Problem requirements: Go through the records below and show every line with the string "CalloutReply".
** Records shown follows **
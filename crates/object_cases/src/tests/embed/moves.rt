//! Callouts that leave one wheel for another.

use super::replies::{BLANK, SECOND, Told};
use super::tested::{
    EEXIST, EINVAL, ENOENT, HOME, MPSAFE, MUTEX, NEVER, NOTHING, Row, Step, wheel_of,
};
use co_embed::{CalloutParcel, CalloutReply, When};
use std::alloc::Global;
use std::process::Abort;

/// Callout 0 without a lock on its way to CPU 1, with its first arming, for a second.
const UNDER_WAY: CalloutParcel = CalloutParcel {
    due: SECOND,
    prec: 0,
    func: 70,
    arg: 8,
    made: 1,
    id: 0,
    cpu: 1,
    lock_kind: 0,
    lock: 0,
    returns_unlocked: 0,
    direct: 0,
    active: 1,
    known: 1,
};

const PRECISE: When = When {
    due: SECOND,
    prec: 5,
    cpu: 1,
};

const LEAVES_AT_ONCE: CalloutReply = CalloutReply {
    answer: 1,
    cpu: 1,
    leaves: 1,
    ..BLANK
};

const PRECISE_UNDER_WAY: CalloutParcel = CalloutParcel {
    prec: 5,
    lock_kind: 1,
    lock: 9,
    ..UNDER_WAY
};

const IN_TWO_SECONDS: When = When {
    due: 2 * SECOND,
    prec: 0,
    cpu: 1,
};

/// Arming 1 is to be at CPU 1, and stands in no queue.
const WAITS: CalloutReply = CalloutReply {
    answer: 1,
    n: 1,
    cpu: 1,
    ..BLANK
};

const LEAVES_AT_THE_END: CalloutReply = CalloutReply {
    answer: 15,
    n: 1,
    at: 2 * SECOND,
    cpu: 1,
    leaves: 1,
    ..BLANK
};

const SECOND_UNDER_WAY: CalloutParcel = CalloutParcel {
    due: 2 * SECOND,
    arg: 9,
    made: 2,
    ..UNDER_WAY
};

/// Of a wheel at CPU 0.
pub(crate) const LEAVING: &[&[Row]] = &[
    // At rest it leaves at once, with all that it has.
    &[
        (Step::Init(0, MUTEX), 0, Told::Any),
        (
            Step::ResetTo(0, PRECISE, 70, 8),
            0,
            Told::Is(LEAVES_AT_ONCE),
        ),
        (Step::HasParcel(PRECISE_UNDER_WAY), 1, Told::Any),
        (Step::Pending(0), ENOENT, Told::Any),
        (Step::Earliest, NEVER, Told::Any),
        (Step::Advance(SECOND), 0, Told::Any),
    ],
    // In service it leaves at the end.
    &[
        (Step::Init(0, MPSAFE), 0, Told::Any),
        (Step::Reset(0, SECOND, 8), 0, Told::Any),
        (Step::Advance(SECOND), 1, Told::Any),
        (Step::Next, 0, Told::Any),
        (Step::ResetTo(0, IN_TWO_SECONDS, 70, 9), 0, Told::Is(WAITS)),
        (Step::HasParcel(NOTHING), 1, Told::Any),
        (Step::Pending(0), 1, Told::Any),
        (Step::End, 0, Told::Is(LEAVES_AT_THE_END)),
        (Step::HasParcel(SECOND_UNDER_WAY), 1, Told::Any),
        (Step::Pending(0), ENOENT, Told::Any),
    ],
    // A stop takes the move away too: nothing was in the queue.
    &[
        (Step::Init(0, MPSAFE), 0, Told::Any),
        (Step::Reset(0, SECOND, 8), 0, Told::Any),
        (Step::Advance(SECOND), 1, Told::Any),
        (Step::Next, 0, Told::Any),
        (Step::ResetTo(0, IN_TWO_SECONDS, 70, 9), 0, Told::Any),
        (Step::Stop(0), 0, Told::Stopped(0, 0)),
        (Step::End, 0, Told::Ended(0, 0)),
        (Step::HasParcel(NOTHING), 1, Told::Any),
        (Step::Pending(0), 0, Told::Any),
    ],
];

const AT_HOME: When = When {
    due: 2 * SECOND,
    prec: 0,
    cpu: HOME,
};

const STAYS: CalloutReply = CalloutReply {
    answer: 1,
    n: 1,
    at: 2 * SECOND,
    cpu: 1,
    ..BLANK
};

const FOR_ANOTHER_CPU: CalloutParcel = CalloutParcel {
    cpu: 0,
    ..UNDER_WAY
};

const NO_CALLOUT: CalloutParcel = CalloutParcel { id: 4, ..UNDER_WAY };

const OF_THE_OTHER_LANE: CalloutParcel = CalloutParcel { id: 3, ..UNDER_WAY };

const DIRECT: CalloutParcel = CalloutParcel {
    direct: 1,
    ..UNDER_WAY
};

const NO_KIND: CalloutParcel = CalloutParcel {
    lock_kind: 4,
    ..UNDER_WAY
};

const NEVER_MADE: CalloutParcel = CalloutParcel {
    made: 0,
    ..UNDER_WAY
};

const NO_TIME: CalloutParcel = CalloutParcel {
    due: 0xffff_ffff_ffff_ffff,
    ..UNDER_WAY
};

const NO_PRECISION: CalloutParcel = CalloutParcel {
    prec: 0xffff_ffff_ffff_ffff,
    ..UNDER_WAY
};

/// Of a wheel at CPU 1.
pub(crate) const LANDING: &[&[Row]] = &[
    // It lands, fires with its function, and goes on where it is: its own CPU is that of its last arming.
    &[
        (Step::Cpu, 1, Told::Any),
        (Step::Land(UNDER_WAY), 4_294_967_296, Told::Any),
        (Step::Pending(0), 1, Told::Any),
        (Step::Active(0), 1, Told::Any),
        (Step::Advance(SECOND), 1, Told::Any),
        (Step::Next, 0, Told::Go(0, 8, SECOND)),
        (Step::ResetTo(0, AT_HOME, 70, 9), 0, Told::Is(STAYS)),
        (Step::End, 0, Told::Any),
    ],
    // It lands once, and where it comes late it stands at the last advance's time.
    &[
        (Step::Advance(5 * SECOND), 0, Told::Any),
        (Step::Land(UNDER_WAY), 21_474_836_480, Told::Any),
        (Step::Land(UNDER_WAY), EEXIST, Told::Any),
        (Step::Advance(5 * SECOND), 1, Told::Any),
    ],
    // What is for another CPU, has an id that is none here or of the other lane, or is no parcel at all.
    &[
        (Step::Land(FOR_ANOTHER_CPU), EINVAL, Told::Any),
        (Step::Land(NO_CALLOUT), EINVAL, Told::Any),
        (Step::Land(OF_THE_OTHER_LANE), EINVAL, Told::Any),
        (Step::Land(DIRECT), EINVAL, Told::Any),
        (Step::Land(NO_KIND), EINVAL, Told::Any),
        (Step::Land(NEVER_MADE), EINVAL, Told::Any),
        (Step::Land(NO_TIME), EINVAL, Told::Any),
        (Step::Land(NO_PRECISION), EINVAL, Told::Any),
        (Step::Pending(0), ENOENT, Told::Any),
        (Step::Earliest, NEVER, Told::Any),
    ],
];

const IN_A_SECOND: When = When {
    due: SECOND,
    prec: 0,
    cpu: 1,
};

/// The id is free again at the wheel that it left.
static LEAVES: [Row; 3] = [
    (Step::Init(0, MUTEX), 0, Told::Any),
    (Step::ResetTo(0, IN_A_SECOND, 70, 8), 0, Told::Any),
    (Step::Init(0, MPSAFE), 0, Told::Any),
];

static ARRIVED: [Row; 4] = [
    (Step::Init(0, MPSAFE), EEXIST, Told::Any),
    (Step::Advance(SECOND), 1, Told::Any),
    (Step::Next, 0, Told::Hold(SECOND)),
    (Step::Begin, 0, Told::GoOn(8)),
];

/// What one wheel gives another takes. The first wrong rows of the one and the other, and where it landed.
fn from_wheel_to_wheel(rt: &impl Abort, alloc: Global) -> [Option<usize>; 3] {
    let mut from = wheel_of(rt, alloc, 0);
    let mut to = wheel_of(rt, alloc, 1);
    let left = from.first_wrong(&LEAVES);
    let landed = to.first_wrong(&[(Step::Land(from.parcel), 4_294_967_296, Told::Any)]);
    let arrived = to.first_wrong(&ARRIVED);
    drop(from);
    drop(to);
    [left, landed, arrived]
}

#[test]
fn goes_from_wheel_to_wheel(rt: HostRuntime) {
    assert!(rt; from_wheel_to_wheel(&rt, rt.alloc()) == [None; 3]);
}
** End of Records shown **
Result of this exercise:
use co_embed::{CalloutParcel, CalloutReply, When};
const LEAVES_AT_ONCE: CalloutReply = CalloutReply {
const WAITS: CalloutReply = CalloutReply {
const LEAVES_AT_THE_END: CalloutReply = CalloutReply {
const STAYS: CalloutReply = CalloutReply {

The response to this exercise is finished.